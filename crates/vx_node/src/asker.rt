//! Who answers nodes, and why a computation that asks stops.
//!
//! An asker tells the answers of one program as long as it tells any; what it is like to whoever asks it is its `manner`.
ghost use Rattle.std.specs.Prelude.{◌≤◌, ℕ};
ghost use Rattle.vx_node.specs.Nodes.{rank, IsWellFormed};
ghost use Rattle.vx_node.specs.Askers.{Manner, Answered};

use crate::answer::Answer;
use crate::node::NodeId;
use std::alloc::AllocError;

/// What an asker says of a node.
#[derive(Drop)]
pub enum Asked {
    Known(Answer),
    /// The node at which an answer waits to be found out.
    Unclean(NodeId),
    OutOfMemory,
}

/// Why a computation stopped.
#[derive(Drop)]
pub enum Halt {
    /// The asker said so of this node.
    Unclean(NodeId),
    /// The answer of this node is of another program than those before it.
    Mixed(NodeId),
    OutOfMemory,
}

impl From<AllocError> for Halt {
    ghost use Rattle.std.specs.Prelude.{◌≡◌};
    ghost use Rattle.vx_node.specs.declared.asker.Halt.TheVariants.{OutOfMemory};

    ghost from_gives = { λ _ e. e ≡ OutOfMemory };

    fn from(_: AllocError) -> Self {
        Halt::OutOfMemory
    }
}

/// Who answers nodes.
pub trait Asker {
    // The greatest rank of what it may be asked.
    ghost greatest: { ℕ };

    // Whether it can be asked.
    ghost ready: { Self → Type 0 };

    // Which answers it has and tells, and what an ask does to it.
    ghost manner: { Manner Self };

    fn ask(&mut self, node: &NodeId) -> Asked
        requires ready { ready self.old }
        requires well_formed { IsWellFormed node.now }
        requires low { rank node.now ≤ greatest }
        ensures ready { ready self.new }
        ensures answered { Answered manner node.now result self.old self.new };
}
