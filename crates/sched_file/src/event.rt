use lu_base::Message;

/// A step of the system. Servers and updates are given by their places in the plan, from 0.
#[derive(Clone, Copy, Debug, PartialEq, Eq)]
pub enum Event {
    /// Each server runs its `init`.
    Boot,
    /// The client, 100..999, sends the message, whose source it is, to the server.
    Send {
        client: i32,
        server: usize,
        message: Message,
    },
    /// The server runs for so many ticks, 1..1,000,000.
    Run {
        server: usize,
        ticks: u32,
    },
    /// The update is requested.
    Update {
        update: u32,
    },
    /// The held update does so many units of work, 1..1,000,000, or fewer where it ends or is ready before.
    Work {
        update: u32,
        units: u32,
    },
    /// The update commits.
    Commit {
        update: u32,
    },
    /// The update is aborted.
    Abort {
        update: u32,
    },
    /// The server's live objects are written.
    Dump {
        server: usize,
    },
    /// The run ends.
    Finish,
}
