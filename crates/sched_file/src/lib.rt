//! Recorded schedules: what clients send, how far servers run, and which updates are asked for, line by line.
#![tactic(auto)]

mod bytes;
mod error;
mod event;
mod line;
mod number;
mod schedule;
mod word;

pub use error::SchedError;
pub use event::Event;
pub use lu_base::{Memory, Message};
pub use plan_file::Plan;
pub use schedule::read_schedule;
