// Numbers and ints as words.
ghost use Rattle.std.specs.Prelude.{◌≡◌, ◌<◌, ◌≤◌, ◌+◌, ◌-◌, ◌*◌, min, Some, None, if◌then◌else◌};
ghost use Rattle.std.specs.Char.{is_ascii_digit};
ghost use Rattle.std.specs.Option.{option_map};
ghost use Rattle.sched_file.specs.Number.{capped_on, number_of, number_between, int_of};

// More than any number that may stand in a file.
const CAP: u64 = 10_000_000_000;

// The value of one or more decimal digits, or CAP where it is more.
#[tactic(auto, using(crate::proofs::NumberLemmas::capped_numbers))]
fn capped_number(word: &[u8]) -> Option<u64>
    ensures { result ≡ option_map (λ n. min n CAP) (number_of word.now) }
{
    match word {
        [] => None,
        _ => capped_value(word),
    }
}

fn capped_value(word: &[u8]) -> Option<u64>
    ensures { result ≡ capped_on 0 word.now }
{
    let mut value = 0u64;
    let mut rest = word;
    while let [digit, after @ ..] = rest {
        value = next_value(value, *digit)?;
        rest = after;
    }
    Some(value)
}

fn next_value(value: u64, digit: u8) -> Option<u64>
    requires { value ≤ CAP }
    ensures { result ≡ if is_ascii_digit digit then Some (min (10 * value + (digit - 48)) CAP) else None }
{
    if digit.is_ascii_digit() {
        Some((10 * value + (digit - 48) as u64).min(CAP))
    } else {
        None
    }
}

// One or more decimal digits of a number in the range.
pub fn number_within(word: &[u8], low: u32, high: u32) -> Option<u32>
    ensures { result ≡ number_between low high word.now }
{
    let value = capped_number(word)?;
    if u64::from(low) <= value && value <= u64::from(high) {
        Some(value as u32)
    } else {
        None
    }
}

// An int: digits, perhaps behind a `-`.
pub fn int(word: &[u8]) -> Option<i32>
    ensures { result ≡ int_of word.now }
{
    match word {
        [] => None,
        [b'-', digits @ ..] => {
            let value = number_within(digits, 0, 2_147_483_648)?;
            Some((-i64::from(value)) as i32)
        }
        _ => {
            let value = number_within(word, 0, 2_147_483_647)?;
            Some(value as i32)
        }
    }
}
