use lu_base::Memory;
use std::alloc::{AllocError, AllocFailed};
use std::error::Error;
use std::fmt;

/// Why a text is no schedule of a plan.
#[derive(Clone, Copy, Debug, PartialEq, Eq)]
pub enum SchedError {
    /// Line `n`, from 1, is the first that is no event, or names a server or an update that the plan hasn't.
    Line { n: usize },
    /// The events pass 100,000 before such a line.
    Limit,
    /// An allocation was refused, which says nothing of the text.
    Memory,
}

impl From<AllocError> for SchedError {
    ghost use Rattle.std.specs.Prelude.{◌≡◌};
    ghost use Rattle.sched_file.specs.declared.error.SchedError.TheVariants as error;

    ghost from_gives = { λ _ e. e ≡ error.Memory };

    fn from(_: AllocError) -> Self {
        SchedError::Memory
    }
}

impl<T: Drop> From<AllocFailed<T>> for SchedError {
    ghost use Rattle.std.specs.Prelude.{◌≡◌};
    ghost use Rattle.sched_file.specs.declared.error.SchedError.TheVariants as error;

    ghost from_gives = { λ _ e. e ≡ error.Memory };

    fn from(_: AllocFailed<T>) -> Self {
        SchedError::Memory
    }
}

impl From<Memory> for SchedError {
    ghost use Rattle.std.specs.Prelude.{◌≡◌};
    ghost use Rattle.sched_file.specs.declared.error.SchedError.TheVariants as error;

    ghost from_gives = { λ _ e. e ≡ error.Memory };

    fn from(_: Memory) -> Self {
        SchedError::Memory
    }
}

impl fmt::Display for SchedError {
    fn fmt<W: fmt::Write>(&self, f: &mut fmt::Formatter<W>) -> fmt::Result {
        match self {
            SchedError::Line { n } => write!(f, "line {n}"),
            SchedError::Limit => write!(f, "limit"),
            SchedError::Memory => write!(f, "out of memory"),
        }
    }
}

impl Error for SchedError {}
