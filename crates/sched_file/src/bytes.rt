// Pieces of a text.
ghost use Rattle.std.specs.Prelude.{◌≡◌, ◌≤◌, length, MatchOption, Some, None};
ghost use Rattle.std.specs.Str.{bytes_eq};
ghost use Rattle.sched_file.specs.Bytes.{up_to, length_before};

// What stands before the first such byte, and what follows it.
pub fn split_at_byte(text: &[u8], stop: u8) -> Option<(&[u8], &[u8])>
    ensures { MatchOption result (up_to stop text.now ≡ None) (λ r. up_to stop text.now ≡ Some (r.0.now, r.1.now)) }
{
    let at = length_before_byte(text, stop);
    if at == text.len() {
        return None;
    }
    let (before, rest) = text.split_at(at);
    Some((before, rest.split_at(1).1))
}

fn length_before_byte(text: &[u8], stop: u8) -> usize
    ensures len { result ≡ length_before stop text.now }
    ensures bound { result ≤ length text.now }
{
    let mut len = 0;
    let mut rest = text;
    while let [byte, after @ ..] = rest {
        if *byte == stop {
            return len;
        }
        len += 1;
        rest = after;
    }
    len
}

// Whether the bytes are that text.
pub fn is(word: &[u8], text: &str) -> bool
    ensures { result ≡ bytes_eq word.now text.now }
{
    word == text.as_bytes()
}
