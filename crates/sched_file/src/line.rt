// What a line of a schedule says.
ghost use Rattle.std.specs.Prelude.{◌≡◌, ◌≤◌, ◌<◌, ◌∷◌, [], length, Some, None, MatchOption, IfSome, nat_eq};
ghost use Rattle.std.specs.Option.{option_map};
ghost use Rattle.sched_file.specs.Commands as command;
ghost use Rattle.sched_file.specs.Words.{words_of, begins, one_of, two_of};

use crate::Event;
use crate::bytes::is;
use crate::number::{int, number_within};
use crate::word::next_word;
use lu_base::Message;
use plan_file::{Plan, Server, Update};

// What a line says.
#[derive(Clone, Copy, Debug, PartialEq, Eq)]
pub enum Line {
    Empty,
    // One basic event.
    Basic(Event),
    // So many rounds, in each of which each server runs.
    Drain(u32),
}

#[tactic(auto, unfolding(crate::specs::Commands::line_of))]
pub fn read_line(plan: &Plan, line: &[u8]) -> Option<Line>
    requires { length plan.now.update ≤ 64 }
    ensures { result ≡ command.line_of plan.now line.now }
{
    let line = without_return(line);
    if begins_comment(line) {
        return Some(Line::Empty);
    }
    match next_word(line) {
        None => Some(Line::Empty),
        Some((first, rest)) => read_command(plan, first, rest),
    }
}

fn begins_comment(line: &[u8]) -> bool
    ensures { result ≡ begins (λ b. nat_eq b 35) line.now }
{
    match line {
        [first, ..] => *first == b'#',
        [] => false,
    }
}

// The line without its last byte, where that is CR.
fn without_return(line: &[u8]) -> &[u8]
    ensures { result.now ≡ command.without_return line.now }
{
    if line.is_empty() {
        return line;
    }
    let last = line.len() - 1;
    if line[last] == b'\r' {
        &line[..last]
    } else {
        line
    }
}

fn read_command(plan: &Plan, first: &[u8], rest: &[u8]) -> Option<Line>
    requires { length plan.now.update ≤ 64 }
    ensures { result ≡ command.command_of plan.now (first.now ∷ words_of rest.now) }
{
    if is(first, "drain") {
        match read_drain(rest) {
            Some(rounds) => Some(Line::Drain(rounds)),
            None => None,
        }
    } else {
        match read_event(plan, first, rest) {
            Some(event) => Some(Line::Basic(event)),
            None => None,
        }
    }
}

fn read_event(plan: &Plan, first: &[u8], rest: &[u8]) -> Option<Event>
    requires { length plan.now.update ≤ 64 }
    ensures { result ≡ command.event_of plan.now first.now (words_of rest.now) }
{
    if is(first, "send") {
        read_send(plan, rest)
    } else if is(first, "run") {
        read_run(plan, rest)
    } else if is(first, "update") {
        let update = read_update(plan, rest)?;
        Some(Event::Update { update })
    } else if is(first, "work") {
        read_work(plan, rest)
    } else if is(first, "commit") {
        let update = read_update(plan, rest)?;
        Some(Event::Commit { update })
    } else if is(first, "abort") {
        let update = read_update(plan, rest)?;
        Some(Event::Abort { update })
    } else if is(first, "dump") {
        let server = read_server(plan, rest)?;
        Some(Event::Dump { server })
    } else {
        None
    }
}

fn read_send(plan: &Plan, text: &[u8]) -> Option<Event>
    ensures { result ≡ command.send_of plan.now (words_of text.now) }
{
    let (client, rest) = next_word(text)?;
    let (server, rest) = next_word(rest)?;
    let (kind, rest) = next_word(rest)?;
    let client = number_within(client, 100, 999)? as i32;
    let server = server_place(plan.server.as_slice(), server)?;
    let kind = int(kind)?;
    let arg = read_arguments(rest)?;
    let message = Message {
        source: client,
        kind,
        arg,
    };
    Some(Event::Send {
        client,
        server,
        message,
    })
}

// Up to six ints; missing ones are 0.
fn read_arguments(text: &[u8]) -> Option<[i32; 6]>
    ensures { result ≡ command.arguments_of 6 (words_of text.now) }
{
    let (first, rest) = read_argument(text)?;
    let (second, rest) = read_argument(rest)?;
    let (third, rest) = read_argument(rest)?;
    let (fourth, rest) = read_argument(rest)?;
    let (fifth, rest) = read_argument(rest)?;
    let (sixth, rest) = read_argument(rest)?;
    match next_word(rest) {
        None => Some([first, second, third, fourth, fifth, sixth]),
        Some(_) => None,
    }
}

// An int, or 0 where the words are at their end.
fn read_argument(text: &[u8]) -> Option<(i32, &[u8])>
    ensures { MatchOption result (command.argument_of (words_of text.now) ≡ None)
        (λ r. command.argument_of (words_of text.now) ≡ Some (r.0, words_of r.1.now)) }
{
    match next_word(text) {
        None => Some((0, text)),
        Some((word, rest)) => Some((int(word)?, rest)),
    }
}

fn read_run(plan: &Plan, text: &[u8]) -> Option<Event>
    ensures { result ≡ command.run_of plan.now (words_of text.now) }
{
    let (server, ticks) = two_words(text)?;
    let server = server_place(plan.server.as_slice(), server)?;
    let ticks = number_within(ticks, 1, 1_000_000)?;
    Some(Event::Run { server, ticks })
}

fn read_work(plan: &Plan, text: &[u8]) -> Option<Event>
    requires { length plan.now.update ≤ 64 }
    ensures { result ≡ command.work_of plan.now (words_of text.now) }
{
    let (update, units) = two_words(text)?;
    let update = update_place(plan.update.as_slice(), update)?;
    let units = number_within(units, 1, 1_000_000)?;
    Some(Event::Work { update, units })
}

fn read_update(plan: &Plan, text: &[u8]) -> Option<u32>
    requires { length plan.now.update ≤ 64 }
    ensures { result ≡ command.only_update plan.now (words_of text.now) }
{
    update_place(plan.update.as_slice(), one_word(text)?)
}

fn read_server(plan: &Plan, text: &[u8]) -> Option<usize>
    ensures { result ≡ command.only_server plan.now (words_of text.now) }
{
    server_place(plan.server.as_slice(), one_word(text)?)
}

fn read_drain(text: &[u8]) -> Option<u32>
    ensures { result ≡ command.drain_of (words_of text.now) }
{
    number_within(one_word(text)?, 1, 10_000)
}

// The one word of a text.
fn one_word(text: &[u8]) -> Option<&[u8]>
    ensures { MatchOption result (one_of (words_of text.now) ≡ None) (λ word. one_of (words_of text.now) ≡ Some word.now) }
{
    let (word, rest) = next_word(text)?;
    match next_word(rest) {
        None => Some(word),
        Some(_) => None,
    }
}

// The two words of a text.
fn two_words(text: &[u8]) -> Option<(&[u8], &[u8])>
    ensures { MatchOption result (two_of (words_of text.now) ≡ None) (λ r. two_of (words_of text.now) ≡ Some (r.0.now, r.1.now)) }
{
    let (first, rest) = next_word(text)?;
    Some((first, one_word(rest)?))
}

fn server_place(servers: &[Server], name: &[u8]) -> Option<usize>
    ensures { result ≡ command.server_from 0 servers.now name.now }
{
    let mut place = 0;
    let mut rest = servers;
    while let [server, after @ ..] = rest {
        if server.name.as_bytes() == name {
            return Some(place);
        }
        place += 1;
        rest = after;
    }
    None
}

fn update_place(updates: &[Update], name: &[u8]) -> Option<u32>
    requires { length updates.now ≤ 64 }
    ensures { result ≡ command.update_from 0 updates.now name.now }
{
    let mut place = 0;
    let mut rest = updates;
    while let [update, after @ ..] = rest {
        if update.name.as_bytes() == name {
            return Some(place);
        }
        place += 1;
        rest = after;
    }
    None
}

====

### To do
Among the records above, a stretch begins at the line containing "the plan hasn't." and ends at the line containing "impl<T: Drop> From<AllocFailed<T>>". Restate that stretch word for word, and nothing else.

### Output of the task
    /// Line `n`, from 1, is the first that is no event, or names a server or an update that the plan hasn't.
    Line { n: usize },
    /// The events pass 100,000 before such a line.
    Limit,
    /// An allocation was refused, which says nothing of the text.
    Memory,
}

impl From<AllocError> for SchedError {
    ghost use Rattle.std.specs.Prelude.{◌≡◌};
    ghost use Rattle.sched_file.specs.declared.error.SchedError.TheVariants as error;

    ghost from_gives = { λ _ e. e ≡ error.Memory };

    fn from(_: AllocError) -> Self {
        SchedError::Memory
    }
}

impl<T: Drop> From<AllocFailed<T>> for SchedError {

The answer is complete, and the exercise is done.